OBJECTIVE:Members of the general population often assume that they suffer from food allergy, but the true prevalence is low. Testing for the diagnosis of food-related hypersensitivity entails laborious procedures, including GI endoscopy. Our objective was to develop an endoscopic screening approach for food allergy.METHODS:Endoscopically guided segmental lavage was performed in 11 patients with GI allergy and in 20 controls during lower GI endoscopy of the terminal ileum, the coecum, and the rectosigmoid. Eosinophilic cationic protein (ECP) and protein were measured in native lavage fluid, and immunoglobulin E (IgE) was also measured after a 10-fold lavage concentration.RESULTS:IgE/protein in lavage fluid from the coecum (0.055 ± 0.068 U/mg vs 0.003 ± 0.012 U/mg; p = 0.001) and the rectosigmoid (0.134 ± 0.170 U/mg vs 0.019 ± 0.042 U/mg; p < 0.05) was significantly elevated in patients with GI allergy. ECP/protein was significantly elevated at the terminal ileum (22.95 ± 37.67 μg/mg vs 7.09 ± 7.68 μg/mg; p < 0.05) and the rectosigmoid (23.66 ± 19.43 μg/mg vs 11.97 ± 16.39 μg/mg; p < 0.05). The combined use of GI lavage IgE and ECP as a diagnostic test for food allergy resulted in a sensitivity of 91% and a specificity of 80%.CONCLUSIONS:In endoscopically guided segmental lavage fluid, IgE and ECP/protein are increased in patients with food allergy. These measurements seem to offer an attractive diagnostic tool and may serve as a screening method.

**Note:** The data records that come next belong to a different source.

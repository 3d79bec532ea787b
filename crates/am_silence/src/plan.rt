//! The versions that posting a silence makes, and the one that ending it makes.

ghost use Rattle.std.specs.Prelude.{◌≡◌, ◌≢◌, ◌<◌, Some, None, All, OnOk, IfOk, IfErr, IfSome, IsSomeAnd, ◌↔◌};
ghost use Rattle.std.specs.Option.{option_copied};
ghost use Rattle.am_version_order.specs.Versions.{IsLive};
ghost use Rattle.am_silence.specs.declared.error.SilenceError.TheVariants as errors;
ghost use Rattle.am_silence.specs.Mesh.{mesh_version};
ghost use Rattle.am_silence.specs.Plans.{post_of, held_silence, planned, silence_in_view, plan_over, new_plan};
ghost use Rattle.am_silence.specs.Plans.{versions, successor, ended_of, Succeeds, IsUpdate, MayUpdate};
ghost use Rattle.am_silence.specs.Refusals.{◌before◌, refusal, early_refusal, end_refusal, early_end_refusal, fresh_refusal, size_refusal};

use crate::checks::{check_fresh, check_older, check_posted};
use crate::error::SilenceError;
use crate::matchers::Matchers;
use crate::mesh::MeshSilence;
use crate::state::State;
use crate::update::may_update;
use crate::versions::{check_ended, ended_version, new_version, updated_version};
use am_version_order::{Interval, Moment};
use am_wire::Text;
use std::alloc::Global;

/// A silence as it is posted: with the identifier of an existing one, or as a new one.
#[derive(Drop)]
pub struct Posted {
    pub id: Option<Text>,
    pub matchers: Matchers,
    pub starts_at: Moment,
    pub ends_at: Moment,
    pub created_by: Text,
    pub comment: Text,
}

/// The result of reading the patterns of the posted matchers.
#[derive(Clone, Copy, Debug, PartialEq, Eq)]
pub enum Verdict {
    /// All patterns are valid, and one of the matchers doesn't match the empty text.
    Fine,
    /// A pattern is not a valid regular expression.
    Bad,
    /// All matchers match the empty text.
    AllEmpty,
}

/// The versions that a post makes.
#[derive(Drop)]
pub enum Plan {
    /// The silence with the posted identifier, updated in place.
    Update(MeshSilence),
    /// A new silence.
    Create(MeshSilence),
    /// A new silence, and the end of the one with the posted identifier. The new one is put in first.
    Replace { new: MeshSilence, old: MeshSilence },
}

/// Returns the versions that a post at `now` makes. `held` is the version of the posted identifier in the view, and isn't used
/// if no identifier is posted. `bits` are random, and `id_held` says whether the identifier made of them is held, live or not.
///
/// # Errors
///
/// The first [`SilenceError`] that applies, in their order. The last one is [`SilenceError::Memory`], if memory runs out.
#[tactic(auto, unfolding(crate::specs::Refusals::early_refusal, crate::specs::Refusals::refusal, crate::specs::Plans::planned))]
pub fn plan_post(
    alloc: Global,
    held: Option<&MeshSilence>,
    posted: Posted,
    verdict: Verdict,
    now: Moment,
    bits: u128,
    id_held: bool,
    retention: Interval,
) -> Result<Plan, SilenceError>
    // PROMISE: A post makes, changes or replaces a silence exactly by the rule.
    ensures planned { IfOk result (λ plan. plan ≡ planned (option_copied held.entry) (post_of posted now bits retention)) }
    ensures accepted { OnOk result (refusal (option_copied held.entry) verdict id_held (post_of posted now bits retention) ≡ None) }
    // PROMISE: A post is refused for the first cause that applies.
    ensures refused { IfErr result (λ e. e ≢ errors.Memory →
        refusal (option_copied held.entry) verdict id_held (post_of posted now bits retention) ≡ Some e) }
    ensures memory { IfErr result (λ e. e ≡ errors.Memory →
        refusal (option_copied held.entry) verdict id_held (post_of posted now bits retention) ≡ None) }

    // The silence that is posted again is updated if and only if the rule allows it.
    ensures in_place { IfOk result (λ plan. IsUpdate plan ↔
        IsSomeAnd (held_silence (option_copied held.entry) posted) (λ silence. MayUpdate silence posted now)) }

    // The versions of the plan are live, and greater than those that they replace.
    ensures live { IfOk result (λ plan. All (λ v. IsLive now (mesh_version v)) (versions plan)) }
    ensures greater { IfOk result (λ plan. IfSome (successor plan)
        (λ v. IfSome (option_copied held.entry) (λ version. Succeeds version v))) }
{
    let held = check_posted(held, &posted, verdict, now)?;
    plan_over(alloc, held, &posted, now, bits, id_held, retention)
}

// Returns the versions that a post makes, if `held` is the version of the silence that is posted again.
#[tactic(auto, unfolding(crate::specs::Refusals::fresh_refusal, crate::specs::Refusals::size_refusal))]
fn plan_over(
    alloc: Global,
    held: Option<&MeshSilence>,
    posted: &Posted,
    now: Moment,
    bits: u128,
    id_held: bool,
    retention: Interval,
) -> Result<Plan, SilenceError>
    ensures planned { IfOk result (λ plan.
        plan ≡ plan_over (option_copied held.entry) (post_of posted.now now bits retention)) }
    ensures fresh { OnOk result (fresh_refusal (silence_in_view (option_copied held.entry)) posted.now id_held now ≡ None) }
    ensures size { OnOk result (size_refusal (versions
        (plan_over (option_copied held.entry) (post_of posted.now now bits retention))) ≡ None) }
    ensures refused { IfErr result (λ e. e ≢ errors.Memory →
        (fresh_refusal (silence_in_view (option_copied held.entry)) posted.now id_held now
        before size_refusal (versions
        (plan_over (option_copied held.entry) (post_of posted.now now bits retention)))) ≡ Some e) }
    ensures in_place { IfOk result (λ plan. IsUpdate plan ↔
        IsSomeAnd (silence_in_view (option_copied held.entry)) (λ silence. MayUpdate silence posted.now now)) }
    ensures live { now < posted.now.ends_at → IfOk result (λ plan. All (λ v. IsLive now (mesh_version v)) (versions plan)) }
    ensures memory { IfErr result (λ e. e ≡ errors.Memory →
        (fresh_refusal (silence_in_view (option_copied held.entry)) posted.now id_held now
        before size_refusal (versions
        (plan_over (option_copied held.entry) (post_of posted.now now bits retention)))) ≡ None) }
{
    match held {
        Some(held) if may_update(held, posted, now) => {
            let version = updated_version(alloc, held, posted, now, retention)?;
            Ok(Plan::Update(version))
        }
        _ => {
            check_fresh(id_held)?;
            plan_new(alloc, held, posted, now, bits, retention)
        }
    }
}

// Returns a new silence, and the end of the held one unless that has expired.
#[tactic(auto, unfolding(crate::specs::Refusals::size_refusal))]
fn plan_new(
    alloc: Global,
    held: Option<&MeshSilence>,
    posted: &Posted,
    now: Moment,
    bits: u128,
    retention: Interval,
) -> Result<Plan, SilenceError>
    ensures new { IfOk result (λ plan. ¬ IsUpdate plan) }
    ensures planned { IfOk result (λ plan.
        plan ≡ new_plan (option_copied held.entry) (post_of posted.now now bits retention)) }
    ensures accepted { OnOk result (
        size_refusal (versions (new_plan (option_copied held.entry) (post_of posted.now now bits retention))) ≡ None) }
    ensures refused { IfErr result (λ e. e ≢ errors.Memory →
        size_refusal (versions (new_plan (option_copied held.entry) (post_of posted.now now bits retention))) ≡ Some e) }
    ensures memory { IfErr result (λ e. e ≡ errors.Memory →
        size_refusal (versions (new_plan (option_copied held.entry) (post_of posted.now now bits retention))) ≡ None) }
    ensures live { now < posted.now.ends_at → IfOk result (λ plan. All (λ v. IsLive now (mesh_version v)) (versions plan)) }
{
    match held {
        Some(held) if held.state_at(now) != State::Expired => {
            check_ended(held, now, retention)?;
            let new = new_version(alloc, posted, now, bits, retention)?;
            let ended = ended_version(alloc, held, now, retention)?;
            Ok(Plan::Replace { new, old: ended })
        }
        _ => {
            let new = new_version(alloc, posted, now, bits, retention)?;
            Ok(Plan::Create(new))
        }
    }
}

/// Returns the version by which a silence ends at `now`; `held` is the version of its identifier in the view.
///
/// # Errors
///
/// The first [`SilenceError`] that applies, in their order. The last one is [`SilenceError::Memory`], if memory runs out.
#[tactic(auto, unfolding(crate::specs::Refusals::early_end_refusal, crate::specs::Refusals::end_refusal, crate::specs::Refusals::size_refusal))]
pub fn plan_expire(
    alloc: Global,
    held: Option<&MeshSilence>,
    now: Moment,
    retention: Interval,
) -> Result<MeshSilence, SilenceError>
    // PROMISE: An end changes a silence exactly by the rule.
    ensures ended { IfOk result (λ v. ended_of (option_copied held.entry) now retention ≡ Some v) }
    ensures accepted { OnOk result (end_refusal (option_copied held.entry) now retention ≡ None) }
    ensures refused { IfErr result (λ e. e ≢ errors.Memory → end_refusal (option_copied held.entry) now retention ≡ Some e) }
    ensures memory { IfErr result (λ e. e ≡ errors.Memory → end_refusal (option_copied held.entry) now retention ≡ None) }

    // The version is live, and greater than the one that it replaces.
    ensures live { IfOk result (λ v. IsLive now (mesh_version v)) }
    ensures greater { IfOk result (λ v. IfSome (option_copied held.entry) (λ version. Succeeds version v)) }
{
    let Some(held) = held else {
        return Err(SilenceError::NotFound);
    };
    if held.state_at(now) == State::Expired {
        return Err(SilenceError::AlreadyExpired);
    }
    check_older(held, now)?;
    ended_version(alloc, held, now, retention)
}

Secretion and tissue content of eosinophil cationic protein in Crohn's disease.

To define further the role of eosinophils in the pathogenesis of Crohns disease, the secretion rate and tissue content of eosinophilic cationic protein (ECP) were measured in colorectal samples. Mucosal biopsies were obtained from 22 controls and 20 patients with Crohns disease during colonoscopy. After measurement of the initial basal ECP, release samples were incubated using a mucosa oxygenation system. Spontaneous and antiimmunoglobulin E (anti-IgE)-induced secretions of ECP were measured at different time points. For detection of the remaining tissue, ECP amount samples were mechanically homogenized after the incubation period. ECP measurement was performed by radioimmunoassay. Spontaneous ECP secretion rates during the incubation period were similar in all patient groups, whereas the initial basal ECP secretion was significantly increased in tissue affected by Crohns disease. After stimulation with anti-IgE, ECP secretion was increased two-fold in controls and three-fold in patients with Crohns disease. In tissue affected by Crohns disease, ECP levels were found to be significantly increased in most segments of the lower gastrointestinal tract with the highest ECP concentrations in affected mucosa. This functional study demonstrates an enhanced immunologically mediated ECP secretion and an accumulation of ECP in the intestinal mucosa of Crohns disease, indicating a local upregulation of eosinophils.